Le retour au multipartisme, en 1993, ouvrit une ère de transition démocratique lente mais réelle. René conserva le pouvoir par les urnes avant de céder la présidence à James Michel en 2004, prolongeant l'hégémonie du parti issu du coup d'État sous ses différentes appellations. La rupture survint en 2020, lorsque Wavel Ramkalawan, prêtre anglican devenu figure de l'opposition, remporta l'élection présidentielle, mettant fin à quarante-trois années de domination d'un seul camp. Ce basculement pacifique fut salué comme une maturation démocratique remarquable pour un si petit État.

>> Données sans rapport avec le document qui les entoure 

//! The rules that an operation keeps for itself where it stands.
ghost use Rattle.std.specs.Prelude.{◌≡◌, IfOk};
ghost use Rattle.xf_ir.specs.RuleBlocks.{ends_its_blocks};
ghost use Rattle.xf_ir.specs.Violations.{first_false};
ghost use Rattle.xf_verify.specs.Judged.{shape_rules, type_rules, linalg_rules, range_rules, rules_of, stand_seen};

use crate::facts::Facts;
use crate::stand::{Stand, are_known};
use std::alloc::Global;
use xf_ir::Rule;
use xf_rules::{attributes_fit, blocks_end, callee_agrees, fits_body, regions_fit, stands_at_end};
use xf_rules_shape::{
    extents_agree, iterators_fit, kind_fits, maps_fit, reduces, slices_fit, types_fit,
    types_in_range,
};
use xf_type::NoMemory;

/// Whether the blocks of an operation end as they are to, and it stands where it may end one.
fn ends_its_blocks(stand: &Stand<'_>) -> bool
    ensures { result ≡ ends_its_blocks (stand_seen stand.now) }
{
    let op = stand.op;
    blocks_end(&op.kind, &op.regions)
        && stands_at_end(stand.holder.kind, &op.kind, stand.after.is_empty())
}

/// The first of V3 to V5 that an operation breaks.
fn broken_shape(stand: &Stand<'_>) -> Option<Rule>
    ensures { result ≡ first_false (shape_rules (stand_seen stand.now)) }
{
    let op = stand.op;
    if !regions_fit(&op.kind, stand.types, op.results.as_slice(), &op.regions) {
        return Some(Rule::Regions);
    }
    if !ends_its_blocks(stand) {
        return Some(Rule::Blocks);
    }
    if !are_known(stand.types) {
        return Some(Rule::Uses);
    }
    None
}

/// The first of V6 to V9 that an operation breaks.
fn broken_types(facts: &Facts<'_>, stand: &Stand<'_>) -> Option<Rule>
    ensures { result ≡ first_false (type_rules facts.now (stand_seen stand.now)) }
{
    let op = stand.op;
    let results = op.results.as_slice();
    let callee = facts.calls.callee(&op.kind);
    if !types_fit(&op.kind, stand.holder.gives, callee, stand.types, results) {
        return Some(Rule::Types);
    }
    if !kind_fits(&op.kind) || !attributes_fit(op.attrs.as_slice()) {
        return Some(Rule::Attributes);
    }
    if !callee_agrees(&op.kind, callee, results) {
        return Some(Rule::Callees);
    }
    if !facts.calls.callee_ends(&op.kind) {
        return Some(Rule::Chains);
    }
    None
}

/// The first of V10 to V14 that an operation breaks. Refuses for want of memory alone.
fn broken_linalg(alloc: Global, stand: &Stand<'_>) -> Result<Option<Rule>, NoMemory>
    ensures { IfOk result (λ rule. rule ≡ first_false (linalg_rules (stand_seen stand.now))) }
{
    let op = stand.op;
    let kind = &op.kind;
    if !maps_fit(alloc, kind, stand.types)? {
        return Ok(Some(Rule::Maps));
    }
    if !iterators_fit(alloc, kind, stand.types)? {
        return Ok(Some(Rule::Iterators));
    }
    if !reduces(alloc, op)? {
        return Ok(Some(Rule::Reductions));
    }
    if !extents_agree(alloc, kind, stand.types)? {
        return Ok(Some(Rule::Extents));
    }
    if !fits_body(stand.holder.kind, kind) {
        return Ok(Some(Rule::Bodies));
    }
    Ok(None)
}

/// The first of V15 and V16 that an operation breaks.
fn broken_ranges(stand: &Stand<'_>) -> Option<Rule>
    ensures { result ≡ first_false (range_rules (stand_seen stand.now)) }
{
    let op = stand.op;
    if !types_in_range(&op.kind, op.results.as_slice(), &op.regions) {
        return Some(Rule::Ranges);
    }
    if !slices_fit(&op.kind, stand.types, op.results.as_slice()) {
        return Some(Rule::Slices);
    }
    None
}

/// The first of V3 to V16 that an operation breaks. Refuses for want of memory alone.
pub fn broken_rule(
    alloc: Global,
    facts: &Facts<'_>,
    stand: &Stand<'_>,
) -> Result<Option<Rule>, NoMemory>
    ensures { IfOk result (λ rule. rule ≡ first_false (rules_of facts.now (stand_seen stand.now))) }
{
    if let Some(rule) = broken_shape(stand) {
        return Ok(Some(rule));
    }
    if let Some(rule) = broken_types(facts, stand) {
        return Ok(Some(rule));
    }
    if let Some(rule) = broken_linalg(alloc, stand)? {
        return Ok(Some(rule));
    }
    Ok(broken_ranges(stand))
}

L'alternance s'est confirmée en octobre 2025, quand les électeurs ont de nouveau renversé la table. Patrick Herminie, ancien président de l'Assemblée nationale et candidat du parti United Seychelles, a battu le président sortant au second tour avec 52,7 % des suffrages contre 47,3 %, selon les résultats proclamés par la commission électorale. Sixième chef de l'État depuis l'indépendance, Herminie a promis dans son discours de victoire de réduire le coût de la vie, de revitaliser les services publics et d'unir la nation, se présentant comme le président de tous les Seychellois. La rapidité de cette seconde alternance, cinq ans à peine après la première, témoigne d'un électorat désormais habitué à sanctionner les gouvernants dans les urnes.
Le régime seychellois est présidentiel : le chef de l'État, élu au suffrage universel direct, dispose de pouvoirs étendus et gouverne avec une Assemblée nationale monocamérale. La stabilité institutionnelle du pays contraste avec la fragilité de son modèle économique, entièrement suspendu à deux ressources : le tourisme haut de gamme, qui attire une clientèle fortunée dans les hôtels de Mahé et de Praslin, et la pêche au thon, dont la conserverie de Victoria demeure l'un des premiers employeurs. Cette dépendance rend l'archipel vulnérable aux chocs extérieurs, comme l'a montré l'effondrement des arrivées touristiques lors de la pandémie de 2020, qui plongea l'économie dans une récession brutale.
Les Seychelles affichent pourtant le produit intérieur brut par habitant le plus élevé d'Afrique, ce qui les classe parmi les pays à revenu élevé selon la Banque mondiale. Cette prospérité relative masque des inégalités persistantes et une exposition croissante au changement climatique, qui menace directement les côtes et les récifs. Pionnier de la diplomatie environnementale, l'archipel a signé en 2018 un accord inédit de conversion de dette contre protection marine, s'engageant à sanctuariser 30 % de son domaine océanique. Herminie hérite d'un pays qui doit conjuguer un impératif écologique, une dépendance économique et l'attente d'électeurs qui viennent, pour la seconde fois en un lustre, de confier les clés du pouvoir à l'opposition.